__INSTRUCTIONS TO FOLLOW__.
Entries follow. Return each line that contains the word "many".

__WORKING DATA__.
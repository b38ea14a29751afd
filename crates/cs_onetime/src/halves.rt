//! Secrets, their images, and the bits that choose between them.
ghost use Rattle.std.specs.Prelude.{◌≡◌, ◌<◌, ◌≤◌, ◌++◌, ◌∷◌, [], take, codes};
ghost use Rattle.std.specs.Int.{w64, to_be_bytes};
ghost use Rattle.cs_onetime.specs.Halves.{secret_text, secret, image, bit_of};

use cs_hash::{Digest, TagKey};
use sha2::{Digest as Hasher, Sha256};

/// How many bits of a message are signed.
pub const PLACES: u8 = 128;

/// How many bytes a secret and an image have.
pub const HALF: usize = 16;

fn front(digest: &Digest) -> [u8; 16]
    ensures { result ≡ take 16 digest.now }
{
    let mut half = [0; 16];
    half.copy_from_slice(&digest[..HALF]);
    half
}

// What is hashed for a secret.
fn secret_text(number: u64, place: u8, bit: u8) -> [u8; 14]
    ensures { result ≡ secret_text number place bit }
{
    let n = number.to_be_bytes();
    [
        b'h', b'a', b'l', b'f', n[0], n[1], n[2], n[3], n[4], n[5], n[6], n[7], place, bit,
    ]
}

/// The secret that is revealed where the message has this bit at this place.
#[tactic(auto, unfolding(crate::specs::Halves::secret))]
pub fn secret(seed: &TagKey, number: u64, place: u8, bit: u8) -> [u8; 16]
    ensures { result ≡ secret seed.now number place bit }
{
    front(&seed.tag(secret_text(number, place, bit).as_slice()))
}

/// What a key tells of a secret.
#[tactic(auto, unfolding(crate::specs::Halves::image))]
pub fn image(half: &[u8; 16]) -> [u8; 16]
    ensures { result ≡ image half.now }
{
    front(&Sha256::digest(half))
}

/// The bit of a message at a place, of each byte the most significant first.
pub fn bit_of(message: &Digest, place: u8) -> u8
    requires { place < 128 }
    ensures is { result ≡ bit_of message.now place }
    ensures small { result ≤ 1 }
{
    (message[place as usize / 8] >> (7 - place % 8)) % 2
}
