//! The root over the records of a table.
ghost use Rattle.std.specs.Prelude.{◌≡◌, IfOk};
ghost use Rattle.cs_tx_types.specs.Record.{stored_encoding};
ghost use Rattle.cs_merkle.specs.Tree.{leaves_of_vectors};
ghost use Rattle.cs_table.specs.Seen.{IsStored, AllStored, seen};
ghost use Rattle.cs_check_rules.specs.Keys.{AreKnown};
ghost use Rattle.cs_check_rules.specs.Root.{root_under};
ghost use Rattle.cs_check.specs.Root.{record_leaves, keys_in, table_root as root_of};

use crate::fitting::stored_fits;
use cs_base::{Key, Memory, Writer};
use cs_merkle::root;
use cs_table::{Record, Records, Table};
use cs_tx::{Digest, Encoded};
use std::alloc::Global;

/// The encoding of a record behind that of its key.
pub(crate) fn record_leaf(alloc: Global, key: &Key, row: &Record) -> Result<Vec<u8>, Memory>
    requires { IsStored row.now }
    ensures { IfOk result (λ leaf.
        leaf.items ≡ stored_encoding (record { key = key.now; value = row.now })) }
{
    stored_fits(key, row);
    let mut out = Writer::new(alloc);
    key.encode(&mut out)?;
    row.encode(&mut out)?;
    Ok(out.into_bytes())
}

fn record_leaves(alloc: Global, rows: Records<'_>) -> Result<Vec<Vec<u8>>, Memory>
    requires { AllStored rows }
    ensures { IfOk result (λ leaves. leaves_of_vectors leaves.items ≡ record_leaves rows.entry) }
{
    let mut leaves = Vec::new(alloc);
    for (key, row) in rows {
        leaves.push(record_leaf(alloc, key, row)?)?;
    }
    Ok(leaves)
}

/// What is stored is what the table knows something of, and the root over it is the one over what
/// the table shows.
pub fn root_is_shown(table: &Table)
    ensures keys { AreKnown (keys_in table.now.rows) (seen table.now) }
    ensures root { root_of table.now.rows ≡ root_under (keys_in table.now.rows) (seen table.now) }
{
    let _records = table.records();
}

/// The Merkle tree hash over the encodings of all records, in the order of their encoded keys. It
/// takes memory and time in proportion to these.
pub fn table_root(alloc: Global, table: &Table) -> Result<Digest, Memory>
    ensures { IfOk result (λ root. root ≡ root_of table.now.rows) }
{
    let leaves = record_leaves(alloc, table.records())?;
    Ok(root(leaves.as_slice()))
}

__EXERCISE RESULT__.
/// How many bits of a message are signed.
/// How many bytes a secret and an image have.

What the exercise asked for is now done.